**Required action**
Retype only what runs from the line that contains "V)>) -> Option<Ordering>" through the last line of the listing below, both lines included.
*** Opening of Data supplied ***
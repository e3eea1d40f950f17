// A value is asked once to send itself, by each call that writes it or makes something of it.

use cbor_serde::{SliceWrite, to_value, to_vec, to_vec_canonical, to_writer};
use serde::{Described, Serialize, Serializer};
use std::alloc::Global;
use std::cell::Cell;
use test_checks::Verdict;

// It is true, and counts how often it was sent.
#[derive(Drop)]
struct Counted {
    times: Cell<u32>,
}

impl Described for Counted {}

impl Serialize for Counted {
    fn serialize<S: Serializer>(&self, out: &mut S) -> Result<(), S::Error> {
        self.times.set(self.times.get().saturating_add(1));
        out.bool(true)
    }
}

#[derive(Clone, Copy, Debug)]
enum To {
    Vector,
    CanonicalVector,
    Value,
    Sink,
    Slice,
}

fn give(alloc: Global, counted: &Counted, to: To) -> Verdict {
    match to {
        To::Vector => {
            to_vec(alloc, counted)?;
        }
        To::CanonicalVector => {
            to_vec_canonical(alloc, counted)?;
        }
        To::Value => {
            to_value(alloc, counted)?;
        }
        To::Sink => to_writer(alloc, &mut Vec::new(alloc), counted)?,
        To::Slice => to_writer(alloc, &mut SliceWrite::new(&mut [0; 1]), counted)?,
    }
    Ok(())
}

#[test]
fn sends_a_value_once(rt: HostRuntime) -> Verdict {
    for to in [
        To::Vector,
        To::CanonicalVector,
        To::Value,
        To::Sink,
        To::Slice,
    ] {
        let counted = Counted {
            times: Cell::new(0),
        };
        give(rt.alloc(), &counted, to)?;
        assert!(rt; counted.times.get() == 1, "{to:?}");
    }
    Ok(())
}
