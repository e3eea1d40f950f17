// A text and a list of 65,536 bytes and numbers.

use cbor_serde::{from_reader, from_slice, from_slice_canonical, to_vec, to_vec_canonical};
use std::alloc::{AllocError, Global};
use test_checks::Verdict;

/// A head, and this byte 65,536 times after it.
fn long(alloc: Global, head: &[u8], byte: u8) -> Result<Vec<u8>, AllocError> {
    let mut bytes = Vec::with_capacity(alloc, 65_541)?;
    bytes.extend_from_slice(head)?;
    for _ in 0..65_536u32 {
        bytes.push(byte)?;
    }
    Ok(bytes)
}

#[test]
fn writes_and_reads_a_long_text(rt: HostRuntime) -> Verdict {
    let alloc = rt.alloc();
    let bytes = long(alloc, b"\x7a\0\x01\0\0", b'a')?;
    let text: &str = from_slice_canonical(alloc, &bytes)?;
    assert!(rt; text.len() == 65_536);
    assert!(rt; to_vec(alloc, &text)?.as_slice() == bytes.as_slice());
    let text: String = from_reader(alloc, bytes.as_slice())?;
    assert!(rt; to_vec_canonical(alloc, &text)?.as_slice() == bytes.as_slice());
    Ok(())
}

#[test]
fn writes_and_reads_a_long_list(rt: HostRuntime) -> Verdict {
    let alloc = rt.alloc();
    let bytes = long(alloc, b"\x9a\0\x01\0\0", 7)?;
    let list: Vec<u8> = from_slice(alloc, &bytes)?;
    assert!(rt; list.len() == 65_536);
    assert!(rt; to_vec(alloc, &list)?.as_slice() == bytes.as_slice());
    let list: Vec<u8> = from_reader(alloc, bytes.as_slice())?;
    assert!(rt; to_vec_canonical(alloc, &list)?.as_slice() == bytes.as_slice());
    Ok(())
}
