// Types that derive, where each allocation may be refused, and what is read without memory
// (.ci/growths).

use crate::checks::is_read;
use cbor_serde::bytes::Bytes;
use cbor_serde::{Options, SliceWrite, from_slice, to_vec_with, to_writer};
use derived_types::{Answer, Event, Folder, Note, Shape};
use serde::{Deserialize, Serialize};
use std::alloc::Global;
use std::fmt::Debug;
use std::process::Abort;
use test_checks::{Verdict, is_refused};

// The bytes are read as what is shown so, and written again, floats in the shortest width: rows of
// crates/derived_rows/data, or a part of one.
fn is_read_and_written<'a, T: Deserialize<'a> + Serialize + Debug>(
    rt: &impl Abort,
    alloc: Global,
    bytes: &'a [u8],
    shown: &str,
) -> Verdict {
    let value: T = from_slice(alloc, bytes)?;
    assert_eq!(rt; format!(in alloc; "{value:?}")?.as_str(), shown);
    let shortest = Options::new().shortest_floats();
    let written = to_vec_with(shortest, alloc, &value)?;
    assert_eq!(rt; written.as_slice(), bytes);
    Ok(())
}

#[test]
fn reads_and_writes_shapes(rt: HostRuntime) -> Verdict {
    for (bytes, shown) in [
        (b"\x63dot".as_slice(), "Dot"),
        (b"\xa1\x66circle\xfa\x3f\x8c\xcc\xcd", "Circle(1.1)"),
        (b"\xa1\x64line\x82\x01\x21", "Line(1, -2)"),
        (
            b"\xa1\x69long_rect\xa2\x65width\x01\x66height\x02",
            "LongRect { width: 1, height: 2 }",
        ),
    ] {
        is_read_and_written::<Shape>(&rt, rt.alloc(), bytes, shown)?;
    }
    Ok(())
}

#[test]
fn reads_and_writes_events(rt: HostRuntime) -> Verdict {
    for (bytes, shown) in [
        (
            b"\xa2\x64type\x65Start\x62at\x05".as_slice(),
            "Start { at: 5 }",
        ),
        (b"\xa1\x64type\x64Stop", "Stop"),
    ] {
        is_read_and_written::<Event>(&rt, rt.alloc(), bytes, shown)?;
    }
    Ok(())
}

#[test]
fn reads_and_writes_answers(rt: HostRuntime) -> Verdict {
    for (bytes, shown) in [
        (
            b"\xa2\x61t\x66Shapes\x61c\x83\x63dot\xa1\x66circle\xf9\x3e\0\
              \xa1\x69long_rect\xa2\x65width\x01\x66height\x02"
                .as_slice(),
            "Shapes([Dot, Circle(1.5), LongRect { width: 1, height: 2 }])",
        ),
        (b"\xa2\x61t\x67Refused\x61c\x82\x01\xf5", "Refused(1, true)"),
        (b"\xa1\x61t\x67Nothing", "Nothing"),
    ] {
        is_read_and_written::<Answer>(&rt, rt.alloc(), bytes, shown)?;
    }
    Ok(())
}

#[test]
fn reads_and_writes_notes(rt: HostRuntime) -> Verdict {
    for (bytes, shown) in [
        (b"\x09".as_slice(), "Number(9)"),
        (b"\x63abc", "Text(\"abc\")"),
    ] {
        is_read_and_written::<Note>(&rt, rt.alloc(), bytes, shown)?;
    }
    Ok(())
}

#[test]
fn reads_and_writes_folders(rt: HostRuntime) -> Verdict {
    is_read_and_written::<Folder>(
        &rt,
        rt.alloc(),
        b"\xbf\x68fileName\x61a\x64type\x65Start\x62at\x05\x64note\x09\x67folders\x81\
          \xbf\x68fileName\x61b\x64type\x64Stop\x67folders\x80\xff\xff",
        "Folder { file_name: \"a\", event: Start { at: 5 }, note: Some(Number(9)), \
         folders: [Folder { file_name: \"b\", event: Stop, note: None, folders: [] }] }",
    )
}

// For its number and for want of memory the pair is refused before the sink has a byte of it.
#[test]
fn leaves_a_sink_as_it_was(rt: HostRuntime) -> Verdict {
    let mut room = [0; 16];
    let mut out = SliceWrite::new(&mut room);
    let answer = to_writer(rt.alloc(), &mut out, &(true, 1i128 << 64));
    assert!(rt; out.bytes_written() == 0);
    drop(out);
    assert!(rt; room == [0; 16]);
    is_refused(answer, "The number can't be stored in CBOR")
}

// RFC 7049, Appendix A: true, null, "ü" and 1(1363896240).
#[test]
fn reads_plain_items_without_memory(rt: HostRuntime) -> Verdict {
    let alloc = rt.alloc();
    is_read(&rt, alloc, b"\xf5", true)?;
    is_read(&rt, alloc, b"\xf6", ())?;
    is_read(&rt, alloc, b"\x62\xc3\xbc", 'ü')?;
    is_read(&rt, alloc, b"\xc1\x1a\x51\x4b\x67\xb0", 1363896240u32)
}

// RFC 7049, Appendix A: 0, 2^64 - 1, -1000 and -2^64.
#[test]
fn reads_integers_without_memory(rt: HostRuntime) -> Verdict {
    let alloc = rt.alloc();
    is_read(&rt, alloc, b"\x00", 0u8)?;
    is_read(
        &rt,
        alloc,
        b"\x1b\xff\xff\xff\xff\xff\xff\xff\xff",
        u64::MAX,
    )?;
    is_read(&rt, alloc, b"\x39\x03\xe7", -1000i16)?;
    is_read(
        &rt,
        alloc,
        b"\x3b\xff\xff\xff\xff\xff\xff\xff\xff",
        -(1i128 << 64),
    )
}

// RFC 7049, Appendix A: 1.5, 100000.0 and 1.1 in 16, 32 and 64 bits, and 1.
#[test]
fn reads_floats_without_memory(rt: HostRuntime) -> Verdict {
    let alloc = rt.alloc();
    is_read(&rt, alloc, b"\xf9\x3e\0", 1.5f32)?;
    for (bytes, number) in [
        (b"\xfa\x47\xc3\x50\0".as_slice(), 100000.0),
        (b"\xfb\x3f\xf1\x99\x99\x99\x99\x99\x9a", 1.1),
        (b"\x01", 1.0),
    ] {
        is_read::<f64>(&rt, alloc, bytes, number)?;
    }
    Ok(())
}

// The second has a head of two bytes.
#[test]
fn reads_lent_strings_without_memory(rt: HostRuntime) -> Verdict {
    let alloc = rt.alloc();
    for bytes in [b"\x64IETF".as_slice(), b"\x78\x04IETF"] {
        is_read(&rt, alloc, bytes, "IETF")?;
    }
    is_read(
        &rt,
        alloc,
        b"\x44\x01\x02\x03\x04",
        Bytes(b"\x01\x02\x03\x04"),
    )
}

#[test]
fn reads_options_without_memory(rt: HostRuntime) -> Verdict {
    let alloc = rt.alloc();
    for (bytes, text) in [(b"\xf6".as_slice(), None), (b"\x64IETF", Some("IETF"))] {
        is_read::<Option<&str>>(&rt, alloc, bytes, text)?;
    }
    is_read(&rt, alloc, b"\x18\x18", Some(24u8))?;
    is_read(&rt, alloc, b"\xf4", Some(false))
}

// A variant that holds nothing, of an enum of others that do.
#[test]
fn reads_a_name_without_memory(rt: HostRuntime) -> Verdict {
    is_read(&rt, rt.alloc(), b"\x63dot", Shape::Dot)
}
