// How changes are made of keys.
ghost use Rattle.std.specs.Prelude.{◌≡◌};
ghost use Rattle.keyed.specs.Keyed.{Ascends};
ghost use Rattle.net_types.specs.Differ.{AscendRows};
ghost use Rattle.net_types.specs.Rows.{Rows};
ghost use Rattle.row_change_laws.specs.Between.{AreRowChangesBetween, no_rows};
ghost use Rattle.row_change_laws.specs.Made.{added_rows, plain_row_changes, touched_row_changes};
ghost use Rattle.row_laws.specs.Touching.{AreDifferences, Differences};
ghost use Rattle.switch_model.specs.PlainState.{PlainState};
ghost use Rattle.switch_model.specs.Rows.{rows};
ghost use Rattle.switch_model.specs.StateKeys.{neighbor_cmp};

/// The changes at all keys of two lists of rows are the changes from the first to the second.
pub fn plain_changes_are_changes()
    ensures { (a b : Rows) → AreRowChangesBetween (plain_row_changes a b) a b }
{}

/// The changes at the keys that listed differences can touch are the changes between the rows of the
/// two states: they are those at all keys.
pub fn touched_changes_are_changes()
    ensures between { (d : Differences) (m n : PlainState) → Ascends neighbor_cmp m.neighbors → Ascends neighbor_cmp n.neighbors → AreDifferences d m n → AreRowChangesBetween (touched_row_changes m n d) (rows m) (rows n) }
    ensures plain { (d : Differences) (m n : PlainState) → Ascends neighbor_cmp m.neighbors → Ascends neighbor_cmp n.neighbors → AreDifferences d m n → touched_row_changes m n d ≡ plain_row_changes (rows m) (rows n) }
{}

/// The changes from no rows to some are these, each as an added one.
pub fn added_rows_are_changes()
    ensures { (a : Rows) → AscendRows a → AreRowChangesBetween (added_rows a) no_rows a }
{}
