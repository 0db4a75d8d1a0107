// The rows that differ between two lists.
ghost use Rattle.std.specs.Prelude.{◌≡◌, ◌++◌, ◌∷◌, [], false, IfOk, OnOk};
ghost use Rattle.std.specs.Option.{option_eq};
ghost use Rattle.keyed.specs.Keyed.{Ascends, IsKeyOrder};
ghost use Rattle.chip_core.specs.ChangeLists.{IsAscending};
ghost use Rattle.row_change_laws.specs.Between.{AreChangesBetween};
ghost use Rattle.row_compare.specs.Compare.{IsTest, change_of};

use crate::front::{Pair, take_least};
use chip_core::ChangeList;
use net_types::NoMemory;
use std::alloc::Global;
use std::collections::VecDeque;

/// The changes from old rows to new ones, both by ascending key: exactly the keys whose rows differ,
/// ascending, each with both rows. Each list is gone through once.
pub fn changes_between<K: Ord + Drop, V: Eq + Drop>(
    alloc: Global,
    old: Vec<(K, V)>,
    new: Vec<(K, V)>,
) -> Result<ChangeList<K, V>, NoMemory>
    requires order { IsKeyOrder K.cmp }
    requires test { IsTest V.eq }
    requires old { Ascends K.cmp old.items }
    requires new { Ascends K.cmp new.items }
    ensures { IfOk result (λ changes. AreChangesBetween K.cmp changes old.items new.items) }
{
    let mut old_left = VecDeque::from_vec(old);
    let mut new_left = VecDeque::from_vec(new);
    let mut changes = ChangeList::new(alloc);
    while let Some(pair) = take_least(&mut old_left, &mut new_left) {
        add_change(&mut changes, pair)?;
    }
    Ok(changes)
}

/// Adds the change of a key that is above the others, where its rows differ.
fn add_change<K: Ord + Drop, V: Eq + Drop>(
    changes: &mut ChangeList<K, V>,
    pair: Pair<K, V>,
) -> Result<(), NoMemory>
    requires { option_eq V.eq pair.1 pair.2 ≡ false → IsAscending K.cmp (changes.old ++ pair ∷ []) }
    ensures { OnOk result (changes.new ≡ changes.old ++ change_of V.eq pair) }
{
    if pair.1 == pair.2 {
        return Ok(());
    }
    changes.push(pair)?;
    Ok(())
}
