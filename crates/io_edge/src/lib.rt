//! The edge to the outside: a source of bytes, a sink and a store of named texts, each with a
//! count of its faults, and the moments at which a caller may be held.
#![tactic(auto)]

mod calls;
mod dir_store;
mod faults;
mod gate;
mod mem_sink;
mod mem_source;
mod mem_store;
mod outside;
mod standard;
mod texts;
mod transfer;

pub use dir_store::DirStore;
pub use gate::{Gate, OpenGate};
pub use mem_sink::MemSink;
pub use mem_source::MemSource;
pub use mem_store::MemStore;
pub use outside::{Failed, Sink, Source, Store, StoreFault};
pub use standard::{StdSink, StdSource};
pub use transfer::{ReadFault, read_all, write_all};
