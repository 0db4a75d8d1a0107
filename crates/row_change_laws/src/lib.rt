//! Laws of changes of chip rows: what the changes from one list of rows to another are, how many there
//! are, and how they are made of the keys that a change of the state can touch.
//!
//! Each law is the contract of a function without a body: a caller has it by the call.
#![tactic(auto)]

mod between;
mod made;

pub use between::{
    changes_are_counted, changes_lead_to_the_new_rows, changes_of_states_are_closed,
    one_list_has_the_changes,
};
pub use made::{added_rows_are_changes, plain_changes_are_changes, touched_changes_are_changes};
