// Two lists of rows, taken off side by side.
ghost use Rattle.std.specs.Prelude.{◌≡◌, option_copied};
ghost use Rattle.keyed.specs.Keyed.{Ascends, IsKeyOrder};
ghost use Rattle.keyed.specs.Ranges.{head_of};
ghost use Rattle.row_compare.specs.Front.{AreTaken, first_of, row_of_both, row_of_new, row_of_old};

use std::cmp::Ordering;
use std::collections::VecDeque;

/// A key with its row in an old list and in a new one, each where there is one.
pub(crate) type Pair<K, V> = (K, Option<V>, Option<V>);

/// Takes the least key of two lists off them, with its row in each: none where both are empty.
pub(crate) fn take_least<K: Ord + Drop, V: Drop>(
    old: &mut VecDeque<(K, V)>,
    new: &mut VecDeque<(K, V)>,
) -> Option<Pair<K, V>>
    requires order { IsKeyOrder K.cmp }
    requires old { Ascends K.cmp old.old.items }
    requires new { Ascends K.cmp new.old.items }
    ensures { AreTaken K.cmp old.old.items new.old.items old.new.items new.new.items result }
{
    match first_of(old, new) {
        None => None,
        Some(Ordering::Less) => row_of_old(old.pop_front()),
        Some(Ordering::Equal) => row_of_both(old.pop_front(), new.pop_front()),
        Some(Ordering::Greater) => row_of_new(new.pop_front()),
    }
}

/// How the first key of the old list is to that of the new one, where an empty list comes last: none
/// where both are empty.
fn first_of<K: Ord, V>(old: &VecDeque<(K, V)>, new: &VecDeque<(K, V)>) -> Option<Ordering>
    ensures { result ≡ first_of K.cmp (head_of old.now.items) (head_of new.now.items) }
{
    match (front_of(old), front_of(new)) {
        (None, None) => None,
        (Some(_), None) => Some(Ordering::Less),
        (None, Some(_)) => Some(Ordering::Greater),
        (Some(before), Some(after)) => Some(before.0.cmp(&after.0)),
    }
}

fn front_of<K, V>(rows: &VecDeque<(K, V)>) -> Option<&(K, V)>
    ensures { option_copied result ≡ head_of rows.now.items }
{
    rows.front()
}

fn row_of_old<K: Drop, V: Drop>(row: Option<(K, V)>) -> Option<Pair<K, V>>
    ensures { result ≡ row_of_old row }
{
    match row {
        Some((key, before)) => Some((key, Some(before), None)),
        None => None,
    }
}

fn row_of_new<K: Drop, V: Drop>(row: Option<(K, V)>) -> Option<Pair<K, V>>
    ensures { result ≡ row_of_new row }
{
    match row {
        Some((key, after)) => Some((key, None, Some(after))),
        None => None,
    }
}

fn row_of_both<K: Drop, V: Drop>(old: Option<(K, V)>, new: Option<(K, V)>) -> Option<Pair<K, V>>
    ensures { result ≡ row_of_both old new }
{
    match (old, new) {
        (Some((key, before)), Some((_, after))) => Some((key, Some(before), Some(after))),
        _ => None,
    }
}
*** Close of Data supplied ***
**Solved exercise**
fn first_of<K: Ord, V>(old: &VecDeque<(K, V)>, new: &VecDeque<(K, V)>) -> Option<Ordering>
    ensures { result ≡ first_of K.cmp (head_of old.now.items) (head_of new.now.items) }
{
    match (front_of(old), front_of(new)) {
        (None, None) => None,
        (Some(_), None) => Some(Ordering::Less),
        (None, Some(_)) => Some(Ordering::Greater),
        (Some(before), Some(after)) => Some(before.0.cmp(&after.0)),
    }
}

fn front_of<K, V>(rows: &VecDeque<(K, V)>) -> Option<&(K, V)>
    ensures { option_copied result ≡ head_of rows.now.items }
{
    rows.front()
}

fn row_of_old<K: Drop, V: Drop>(row: Option<(K, V)>) -> Option<Pair<K, V>>
    ensures { result ≡ row_of_old row }
{
    match row {
        Some((key, before)) => Some((key, Some(before), None)),
        None => None,
    }
}

fn row_of_new<K: Drop, V: Drop>(row: Option<(K, V)>) -> Option<Pair<K, V>>
    ensures { result ≡ row_of_new row }
{
    match row {
        Some((key, after)) => Some((key, None, Some(after))),
        None => None,
    }
}

fn row_of_both<K: Drop, V: Drop>(old: Option<(K, V)>, new: Option<(K, V)>) -> Option<Pair<K, V>>
    ensures { result ≡ row_of_both old new }
{
    match (old, new) {
        (Some((key, before)), Some((_, after))) => Some((key, Some(before), Some(after))),
        _ => None,
    }
}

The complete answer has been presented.